* **WORK TO COMPLETE**: Check every line of the entries for the string "most" and return the ones that contain it.
(ENTRIES SUPPLIED Opens)
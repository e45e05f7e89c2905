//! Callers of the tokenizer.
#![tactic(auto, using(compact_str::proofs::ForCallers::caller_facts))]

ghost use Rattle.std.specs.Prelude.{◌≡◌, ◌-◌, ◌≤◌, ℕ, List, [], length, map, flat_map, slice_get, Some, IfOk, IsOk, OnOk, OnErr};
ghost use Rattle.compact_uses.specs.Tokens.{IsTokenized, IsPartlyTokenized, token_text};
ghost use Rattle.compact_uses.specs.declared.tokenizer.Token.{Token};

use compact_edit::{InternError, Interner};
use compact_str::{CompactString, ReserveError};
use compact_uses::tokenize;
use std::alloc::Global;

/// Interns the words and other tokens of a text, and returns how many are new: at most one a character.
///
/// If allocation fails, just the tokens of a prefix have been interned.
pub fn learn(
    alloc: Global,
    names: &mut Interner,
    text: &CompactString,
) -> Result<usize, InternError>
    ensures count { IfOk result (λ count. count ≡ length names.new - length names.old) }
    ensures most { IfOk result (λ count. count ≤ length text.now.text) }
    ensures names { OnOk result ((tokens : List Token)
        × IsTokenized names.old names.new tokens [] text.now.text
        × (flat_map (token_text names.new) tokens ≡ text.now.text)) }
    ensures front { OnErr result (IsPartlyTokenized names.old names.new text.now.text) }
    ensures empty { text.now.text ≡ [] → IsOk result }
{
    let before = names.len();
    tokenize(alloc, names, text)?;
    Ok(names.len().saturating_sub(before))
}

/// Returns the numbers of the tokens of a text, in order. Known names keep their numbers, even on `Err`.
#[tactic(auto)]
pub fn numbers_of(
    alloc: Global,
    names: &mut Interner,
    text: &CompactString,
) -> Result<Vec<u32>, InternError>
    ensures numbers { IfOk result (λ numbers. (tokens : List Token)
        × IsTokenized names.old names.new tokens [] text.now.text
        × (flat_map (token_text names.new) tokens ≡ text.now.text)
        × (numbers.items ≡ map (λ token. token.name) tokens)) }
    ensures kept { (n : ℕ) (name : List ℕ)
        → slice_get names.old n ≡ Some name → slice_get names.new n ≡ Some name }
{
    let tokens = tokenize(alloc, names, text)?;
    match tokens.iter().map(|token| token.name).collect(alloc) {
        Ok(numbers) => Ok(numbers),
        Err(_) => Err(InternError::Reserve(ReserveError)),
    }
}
(ENTRIES SUPPLIED Closes)
(ENTRIES SUPPLIED Opens)
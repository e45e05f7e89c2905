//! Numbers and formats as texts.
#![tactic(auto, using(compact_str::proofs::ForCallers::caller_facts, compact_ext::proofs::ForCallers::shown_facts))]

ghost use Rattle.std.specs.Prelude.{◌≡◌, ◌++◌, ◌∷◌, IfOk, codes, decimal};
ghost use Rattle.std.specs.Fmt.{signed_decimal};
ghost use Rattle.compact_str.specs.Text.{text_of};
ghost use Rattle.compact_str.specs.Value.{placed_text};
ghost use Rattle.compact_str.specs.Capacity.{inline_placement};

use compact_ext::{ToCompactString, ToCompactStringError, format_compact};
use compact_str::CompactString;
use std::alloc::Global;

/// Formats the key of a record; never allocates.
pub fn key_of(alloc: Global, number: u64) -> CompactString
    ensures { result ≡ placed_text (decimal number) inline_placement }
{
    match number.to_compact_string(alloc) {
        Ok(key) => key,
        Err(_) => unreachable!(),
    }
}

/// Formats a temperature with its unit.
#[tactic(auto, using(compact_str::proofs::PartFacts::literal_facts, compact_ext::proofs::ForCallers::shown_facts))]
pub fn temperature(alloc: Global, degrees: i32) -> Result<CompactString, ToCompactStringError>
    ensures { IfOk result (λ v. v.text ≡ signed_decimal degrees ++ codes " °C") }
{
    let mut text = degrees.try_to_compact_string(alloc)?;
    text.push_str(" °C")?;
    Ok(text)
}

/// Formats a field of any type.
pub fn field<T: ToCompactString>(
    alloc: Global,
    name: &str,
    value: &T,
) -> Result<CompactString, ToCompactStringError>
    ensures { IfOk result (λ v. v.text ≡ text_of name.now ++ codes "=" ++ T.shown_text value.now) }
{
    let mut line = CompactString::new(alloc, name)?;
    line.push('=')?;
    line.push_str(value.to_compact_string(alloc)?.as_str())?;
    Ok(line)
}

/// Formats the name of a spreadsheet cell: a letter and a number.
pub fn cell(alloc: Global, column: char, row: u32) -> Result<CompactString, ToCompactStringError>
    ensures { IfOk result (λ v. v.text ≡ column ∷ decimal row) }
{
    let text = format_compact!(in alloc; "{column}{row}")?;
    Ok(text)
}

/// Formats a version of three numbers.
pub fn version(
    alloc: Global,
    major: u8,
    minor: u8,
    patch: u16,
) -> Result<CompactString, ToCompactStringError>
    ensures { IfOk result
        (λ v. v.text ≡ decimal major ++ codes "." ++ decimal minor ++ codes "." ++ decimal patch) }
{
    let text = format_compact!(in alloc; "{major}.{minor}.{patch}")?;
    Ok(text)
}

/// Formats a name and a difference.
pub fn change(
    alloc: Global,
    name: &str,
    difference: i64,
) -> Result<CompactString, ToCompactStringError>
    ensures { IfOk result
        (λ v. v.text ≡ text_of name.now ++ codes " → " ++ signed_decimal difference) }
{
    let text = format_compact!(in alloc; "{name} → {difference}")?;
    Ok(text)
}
(ENTRIES SUPPLIED Closes)
* **EXERCISE RESULT**:
/// Interns the words and other tokens of a text, and returns how many are new: at most one a character.
    ensures most { IfOk result (λ count. count ≤ length text.now.text) }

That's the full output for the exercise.